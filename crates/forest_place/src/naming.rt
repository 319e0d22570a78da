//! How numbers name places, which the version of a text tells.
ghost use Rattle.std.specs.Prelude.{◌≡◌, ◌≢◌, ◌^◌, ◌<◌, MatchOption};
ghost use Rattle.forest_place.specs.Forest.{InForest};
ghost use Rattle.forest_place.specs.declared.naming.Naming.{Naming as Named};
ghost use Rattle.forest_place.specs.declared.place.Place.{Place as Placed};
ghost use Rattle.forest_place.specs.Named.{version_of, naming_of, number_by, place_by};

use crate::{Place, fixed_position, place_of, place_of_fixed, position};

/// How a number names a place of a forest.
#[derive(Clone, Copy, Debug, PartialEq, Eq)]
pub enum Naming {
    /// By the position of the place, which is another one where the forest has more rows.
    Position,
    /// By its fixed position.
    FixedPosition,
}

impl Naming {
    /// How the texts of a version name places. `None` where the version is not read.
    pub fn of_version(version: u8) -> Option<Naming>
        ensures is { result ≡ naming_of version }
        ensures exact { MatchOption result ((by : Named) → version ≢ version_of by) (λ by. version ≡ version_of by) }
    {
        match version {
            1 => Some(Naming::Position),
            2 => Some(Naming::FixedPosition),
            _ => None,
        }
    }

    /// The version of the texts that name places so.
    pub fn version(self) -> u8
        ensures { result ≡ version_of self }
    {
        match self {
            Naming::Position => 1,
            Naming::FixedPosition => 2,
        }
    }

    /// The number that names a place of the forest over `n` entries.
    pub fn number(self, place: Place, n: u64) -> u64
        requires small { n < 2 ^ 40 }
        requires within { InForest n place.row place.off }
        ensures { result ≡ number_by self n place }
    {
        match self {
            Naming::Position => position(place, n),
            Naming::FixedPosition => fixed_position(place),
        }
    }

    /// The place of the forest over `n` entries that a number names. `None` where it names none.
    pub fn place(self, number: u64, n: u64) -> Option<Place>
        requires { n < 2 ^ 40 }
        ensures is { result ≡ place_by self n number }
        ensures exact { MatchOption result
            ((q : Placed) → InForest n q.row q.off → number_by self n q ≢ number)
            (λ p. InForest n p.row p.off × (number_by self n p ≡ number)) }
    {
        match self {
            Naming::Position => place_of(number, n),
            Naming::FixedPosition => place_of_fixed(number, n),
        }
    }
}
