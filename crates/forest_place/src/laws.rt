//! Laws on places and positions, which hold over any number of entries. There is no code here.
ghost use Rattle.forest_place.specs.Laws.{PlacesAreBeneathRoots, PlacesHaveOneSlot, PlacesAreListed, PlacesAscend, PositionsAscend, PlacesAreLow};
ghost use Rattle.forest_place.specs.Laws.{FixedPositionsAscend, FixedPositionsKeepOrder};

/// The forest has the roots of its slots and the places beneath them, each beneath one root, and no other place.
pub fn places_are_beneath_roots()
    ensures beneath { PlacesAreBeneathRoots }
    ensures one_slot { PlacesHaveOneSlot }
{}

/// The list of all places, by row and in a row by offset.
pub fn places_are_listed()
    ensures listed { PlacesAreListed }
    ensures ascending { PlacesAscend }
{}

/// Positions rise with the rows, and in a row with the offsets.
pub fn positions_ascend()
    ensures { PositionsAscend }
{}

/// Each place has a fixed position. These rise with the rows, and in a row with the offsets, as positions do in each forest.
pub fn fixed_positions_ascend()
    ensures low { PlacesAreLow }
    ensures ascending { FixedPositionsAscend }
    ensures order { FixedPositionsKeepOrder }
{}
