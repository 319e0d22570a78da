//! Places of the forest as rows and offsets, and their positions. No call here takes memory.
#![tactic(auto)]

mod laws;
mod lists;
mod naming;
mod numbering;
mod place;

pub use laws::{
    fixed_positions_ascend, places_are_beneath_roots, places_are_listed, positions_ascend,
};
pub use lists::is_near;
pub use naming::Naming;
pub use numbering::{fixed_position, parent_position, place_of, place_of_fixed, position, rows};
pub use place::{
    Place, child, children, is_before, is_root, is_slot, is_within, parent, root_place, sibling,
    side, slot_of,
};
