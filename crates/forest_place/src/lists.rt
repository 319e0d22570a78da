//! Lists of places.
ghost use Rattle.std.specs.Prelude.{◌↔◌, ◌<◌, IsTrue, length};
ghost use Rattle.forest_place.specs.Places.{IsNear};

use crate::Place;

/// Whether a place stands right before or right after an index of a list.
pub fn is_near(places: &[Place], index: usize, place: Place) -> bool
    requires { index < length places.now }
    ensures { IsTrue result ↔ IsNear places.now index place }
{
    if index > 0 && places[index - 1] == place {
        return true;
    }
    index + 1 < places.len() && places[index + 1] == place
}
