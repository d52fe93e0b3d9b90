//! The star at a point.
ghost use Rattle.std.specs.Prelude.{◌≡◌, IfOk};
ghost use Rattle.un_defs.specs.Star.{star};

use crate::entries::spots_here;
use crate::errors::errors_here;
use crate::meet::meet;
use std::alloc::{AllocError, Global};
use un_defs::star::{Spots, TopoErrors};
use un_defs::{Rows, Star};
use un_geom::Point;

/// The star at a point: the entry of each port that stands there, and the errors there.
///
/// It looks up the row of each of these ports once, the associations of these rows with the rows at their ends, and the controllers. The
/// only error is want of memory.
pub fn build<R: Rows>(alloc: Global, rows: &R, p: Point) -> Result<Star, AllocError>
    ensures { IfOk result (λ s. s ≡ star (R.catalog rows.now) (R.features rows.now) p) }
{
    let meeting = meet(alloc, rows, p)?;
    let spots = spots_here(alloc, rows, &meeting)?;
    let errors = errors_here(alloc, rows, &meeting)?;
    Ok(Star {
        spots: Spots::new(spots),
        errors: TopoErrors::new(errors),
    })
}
...
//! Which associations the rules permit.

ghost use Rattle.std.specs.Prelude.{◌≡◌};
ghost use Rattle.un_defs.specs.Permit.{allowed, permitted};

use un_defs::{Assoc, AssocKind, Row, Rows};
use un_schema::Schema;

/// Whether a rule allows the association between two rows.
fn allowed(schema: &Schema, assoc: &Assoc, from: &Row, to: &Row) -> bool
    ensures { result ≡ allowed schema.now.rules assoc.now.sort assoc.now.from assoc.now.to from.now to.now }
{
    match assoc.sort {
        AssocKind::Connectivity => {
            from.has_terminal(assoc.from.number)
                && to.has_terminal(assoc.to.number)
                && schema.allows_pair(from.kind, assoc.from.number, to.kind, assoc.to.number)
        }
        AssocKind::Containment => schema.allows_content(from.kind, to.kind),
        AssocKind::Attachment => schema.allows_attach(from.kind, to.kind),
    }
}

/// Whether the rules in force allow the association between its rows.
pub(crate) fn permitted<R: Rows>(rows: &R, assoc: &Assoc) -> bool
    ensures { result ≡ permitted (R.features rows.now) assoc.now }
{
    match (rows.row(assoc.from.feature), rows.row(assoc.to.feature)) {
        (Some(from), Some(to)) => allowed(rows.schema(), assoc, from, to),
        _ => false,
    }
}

→ **YOUR ASSIGNMENT**
Every line above that holds "Whether" should be copied out.

→ **RESPONSE AREA**
/// Whether a place stands right before or right after an index of a list.
/// Whether a rule allows the association between two rows.
/// Whether the rules in force allow the association between its rows.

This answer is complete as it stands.